It makes our blood boil. We take to radio comment lines and social media to let off steam. And then we forget about it for a time – until yet another example of Ireland's two-tier system of citizenship slithers into the open.
A nest of snakes was unearthed on Mary Wilson's 'Drivetime' show this week, when a Personal Insolvency Practitioner (PIP) made a land grab for well-heeled debtors, as opposed to the little people, arguing that hospital consultants and solicitors had more cause to stay in their trophy houses than PAYE workers. No doubt, members of the professional classes who are up to their oxters in buy-to-lets are stampeding for his door.
Despite the perfect storm he whipped up, PIP Jim Stafford did the State some service. He let in the light of day about access to the new insolvency arrangements: they will not be available on an equal basis to all citizens.
Over-leveraged people with high salaries and savings on deposit, maybe even a holiday home, to trade for a debt writedown appear likely to receive preferential treatment. Meanwhile, citizens who haven't a bean and are saddled with mortgages they can't service, might struggle to find a PIP to take on their cases.
As ever, the moneyed class is at an advantage – even when the moneyed class is in the red.
PIPs are in business to make a living, and clients who have nothing to barter do not promise much of a yield.
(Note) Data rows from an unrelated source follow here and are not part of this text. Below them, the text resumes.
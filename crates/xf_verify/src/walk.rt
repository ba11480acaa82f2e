//! The walk over all operations of a module, in preorder, to the first that breaks a rule.
ghost use Rattle.std.specs.Prelude.{◌≡◌, ◌<◌, ◌+◌, length, drop, ◌∷◌, [], None, false, true, map, IfOk, OnOk};
ghost use Rattle.std.specs.FinSet as set;
ghost use Rattle.xf_ir.specs.Placed.{holder_of};
ghost use Rattle.xf_ir.specs.View.{ops_of, regions_of};
ghost use Rattle.xf_verify.specs.Judged.{Answers, IsNamed, Judged, first_behind, stands, tree_stands, ops_stand};
ghost use Rattle.xf_verify.specs.Judged.{regions_stand, functions_stand, blocks_stand, holder_seen, stand_seen};
ghost use Rattle.xf_verify.specs.Visible.{definitions_in, types_in};

use crate::facts::Facts;
use crate::fault::VerifyFault;
use crate::local::broken_rule;
use crate::scope::{Definition, VisibleValues};
use crate::stand::{Holder, Stand, holder_of};
use std::alloc::Global;
use xf_ir::{NameSet, Op, Rule};

/// Where the walk stands: the names of the operations before, and the values that are visible.
#[derive(Drop)]
pub struct Walk<'a> {
    pub names: NameSet,
    pub scope: VisibleValues<'a>,
}

/// The operations behind the one of that number.
fn behind(ops: &[Op], number: usize) -> &[Op]
    requires { number < length ops.now }
    ensures { result.now ≡ drop (number + 1) ops.now }
{
    &ops[number + 1..]
}

/// Judges an operation where it stands, without what it holds, by all rules but V2.
fn judge(
    alloc: Global,
    facts: &Facts<'_>,
    names: &mut NameSet,
    stand: &Stand<'_>,
) -> Result<(), VerifyFault>
    ensures judged { Answers result (first_behind facts.now names.old (stand_seen stand.now ∷ [])) }
    ensures names { OnOk result (names.new ≡ set.insert names.old stand.now.op.now.name.0) }
    ensures new { OnOk result (set.contains names.old stand.now.op.now.name.0 ≡ false) }
{
    let op = stand.op;
    let name = op.name;
    let is_first = names.insert(name)?;
    if !is_first || name.0 >= facts.next {
        return Err(VerifyFault::Rule {
            rule: Rule::Names.number(),
            op: name,
        });
    }
    match broken_rule(alloc, facts, stand)? {
        Some(rule) => Err(VerifyFault::Rule {
            rule: rule.number(),
            op: name,
        }),
        None => Ok(()),
    }
}

/// Judges an operation as `judge` does, and gives what then holds the operations inside it.
pub fn enter<'a>(
    alloc: Global,
    facts: &Facts<'_>,
    walk: &mut Walk<'a>,
    holder: Holder<'a>,
    op: &'a Op,
    after: &'a [Op],
) -> Result<Holder<'a>, VerifyFault>
    ensures judged { Answers result (first_behind facts.now walk.old.names
        (stands (holder_seen holder.entry) (types_in walk.old.scope) op.now (ops_of after.now) ∷ [])) }
    ensures holder { IfOk result (λ inner. holder_seen inner
        ≡ holder_of op.now.kind (map (types_in walk.old.scope) op.now.operands) op.now.results) }
    ensures names { OnOk result (walk.new.names ≡ set.insert walk.old.names op.now.name.0) }
    ensures scope { OnOk result (definitions_in walk.new.scope ≡ definitions_in walk.old.scope) }
    ensures new { OnOk result (set.contains walk.old.names op.now.name.0 ≡ false) }
{
    let types = walk.scope.operand_types(alloc, op.operands.as_slice())?;
    let stand = Stand {
        holder,
        types: &types,
        op,
        after,
    };
    judge(alloc, facts, &mut walk.names, &stand)?;
    Ok(holder_of(op, &types))
}

/// Judges an operation and what it holds.
#[cycle(walk)]
fn operation<'a>(
    alloc: Global,
    facts: &Facts<'_>,
    walk: &mut Walk<'a>,
    holder: Holder<'a>,
    op: &'a Op,
    after: &'a [Op],
) -> Result<(), VerifyFault>
    requires { IsNamed walk.old }
    ensures judged { Answers result (first_behind facts.now walk.old.names
        (tree_stands (holder_seen holder.entry) (types_in walk.old.scope) op.now (ops_of after.now))) }
    ensures moved { OnOk result (Judged walk.old walk.new
        (tree_stands (holder_seen holder.entry) (types_in walk.old.scope) op.now (ops_of after.now))) }
    ensures new { OnOk result (set.contains walk.old.names op.now.name.0 ≡ false) }
{
    let inner = enter(alloc, facts, walk, holder, op, after)?;
    regions(alloc, facts, walk, inner, op)
}

/// Judges the operations of a block, in order, and what they hold.
#[cycle(walk)]
fn operations<'a>(
    alloc: Global,
    facts: &Facts<'_>,
    walk: &mut Walk<'a>,
    holder: Holder<'a>,
    ops: &'a [Op],
) -> Result<(), VerifyFault>
    requires { IsNamed walk.old }
    ensures judged { Answers result (first_behind facts.now walk.old.names
        (ops_stand (holder_seen holder.entry) (types_in walk.old.scope) (ops_of ops.now))) }
    ensures moved { OnOk result
        (Judged walk.old walk.new (ops_stand (holder_seen holder.entry) (types_in walk.old.scope) (ops_of ops.now))) }
{
    for (number, op) in ops.iter().enumerate() {
        operation(alloc, facts, walk, holder, op, behind(ops, number))?;
        let types = op.results.as_slice();
        walk.scope
            .enter(op.name, types, Definition::Results(types))?;
    }
    walk.scope.leave_all(ops);
    Ok(())
}

/// Judges the operations inside another.
#[cycle(walk)]
fn regions<'a>(
    alloc: Global,
    facts: &Facts<'_>,
    walk: &mut Walk<'a>,
    holder: Holder<'a>,
    op: &'a Op,
) -> Result<(), VerifyFault>
    requires named { IsNamed walk.old }
    requires here { set.contains walk.old.names op.now.name.0 ≡ true }
    requires new { definitions_in walk.old.scope op.now.name.0 ≡ None }
    ensures judged { Answers result (first_behind facts.now walk.old.names
        (regions_stand (holder_seen holder.entry) (types_in walk.old.scope) op.now.name 0 op.now.regions)) }
    ensures moved { OnOk result (Judged walk.old walk.new
        (regions_stand (holder_seen holder.entry) (types_in walk.old.scope) op.now.name 0 op.now.regions)) }
{
    for (number, block) in op.regions.iter().enumerate() {
        let types = block.args.as_slice();
        walk.scope
            .enter(op.name, types, Definition::Arguments(number, types))?;
        operations(alloc, facts, walk, holder, &block.ops)?;
        walk.scope.leave(op.name, types);
    }
    Ok(())
}

/// Judges the functions of a block and what they hold; each sees its own values alone.
fn functions<'a>(
    alloc: Global,
    facts: &Facts<'_>,
    walk: &mut Walk<'a>,
    holder: Holder<'a>,
    ops: &'a [Op],
) -> Result<(), VerifyFault>
    requires { IsNamed walk.old }
    ensures judged { Answers result (first_behind facts.now walk.old.names
        (functions_stand (holder_seen holder.entry) (types_in walk.old.scope) (ops_of ops.now))) }
    ensures moved { OnOk result (Judged walk.old walk.new
        (functions_stand (holder_seen holder.entry) (types_in walk.old.scope) (ops_of ops.now))) }
{
    for (number, op) in ops.iter().enumerate() {
        operation(alloc, facts, walk, holder, op, behind(ops, number))?;
    }
    Ok(())
}

/// Judges the functions of the root and what they hold.
pub fn blocks<'a>(
    alloc: Global,
    facts: &Facts<'_>,
    walk: &mut Walk<'a>,
    holder: Holder<'a>,
    root: &'a Op,
) -> Result<(), VerifyFault>
    requires { IsNamed walk.old }
    ensures { Answers result (first_behind facts.now walk.old.names
        (blocks_stand (holder_seen holder.entry) (types_in walk.old.scope) root.now.regions)) }
{
    for block in &root.regions {
        functions(alloc, facts, walk, holder, &block.ops)?;
    }
    Ok(())
}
Thankfully, not all PIPs are seeking an upfront fee, and some may take on cash-strapped homeowners if they meet the criteria. But meeting the criteria will be tough.
So do we allow thousands of distressed borrowers to slide through the cracks? No, we look at ways of improving the new insolvency regime so that everyone has a possibility of a second chance.
A start can be made with equal access to PIPs. Why are they all private practitioners? Why hasn't the State licensed some public PIPs? Alternatively, a certain level of pro bono work from private PIPs could be required once profit targets have been reached.
Naturally, private operators will take on cases with the strongest likelihood of success.
They will find it more lucrative to handle a few high-value cases rather than a stack of labour-intensive cases.
But nobody deserves to be consigned to hopeless case status from the get-go. The debt worries of someone with no job in a two-up, two-down are as valid as the debt worries of someone with an important job in a trophy house. Besides, the former's debts may well involve less of a writedown, and some of the cost to the public purse will be recouped from the banks if a deal is struck.
Overall, society benefits when the kiss of life is delivered to as many debtors as possible – not when some are left in a state of suspended animation.
Let's pause here to compare the way small debtors are dealt with, as opposed to how the developer caste has been handled. Take Bernard McNamara, whose property empire crashed owing €1.5bn: he is out of bankruptcy in just seven weeks' time.
Mr McNamara removed himself to Britain to declare bankruptcy two years ago, and has been living in London in far from modest circumstances. But on November 2, the past is behind him.
Contrast that clean slate with someone who didn't buy property as a speculator, but to put a roof over their family's head, and is now in negative equity with an unsustainable debt burden.
Mr McNamara, by the way, was in the rarefied air of the Hamptons at the weekend to give away his daughter in marriage. It's not her fault that her father's business dealings have contributed to higher taxes and reduced services for the Irish people. But a little more discretion wouldn't go amiss as yet another crushing Budget bears down on us.
While the lifestyles of the developer caste have been pranged, they haven't been left teetering on the scrap heap – the fate for a host of ordinary people sucked in by the property bubble. Which brings us back to our two-tier society.
The banks have the final veto on any deal, with no requirement to explain a refusal and no right of appeal allowed: another flaw in the insolvency regime. A culture of debt forgiveness isn't visible at the banks, as last week's Oireachtas hearings demonstrated.
Why is there no independent arbiter to adjudicate in cases of refusal? Surely it can't be too late to address such a deficit. The Free Legal Advice Centre lobbied both for a state-funded register of PIPs, and an independent review mechanism to protect against unfair use of the creditor veto.
Neither suggestion was acted upon for the legislation. And distressed borrowers may struggle to enter insolvency as a result. Perhaps they could approach legal aid centres for some initial advice. Currently, however, waiting lists for an appointment with civil case solicitors are at crisis point. People are waiting up to 20 months in Dublin, up to 17 months in Kildare, 15 months in Donegal and Clare and 14 months in Galway.
Insolvency schemes must be helped to succeed. Partly to reanimate the economy. And partly out of justice to all of our citizens, who ought not to be divided into hopeless cases and high rollers going through a bumpy patch.
Speaking of which, the defining quote from the bust goes to deal-maker Derek Quinlan, asked in a London court about maintaining a lavish lifestyle. "Extravagant is a relative term," he said, noting that what was extravagant to one person may not be extravagant to somebody else.
And the two-tier system of citizenship was exposed once again.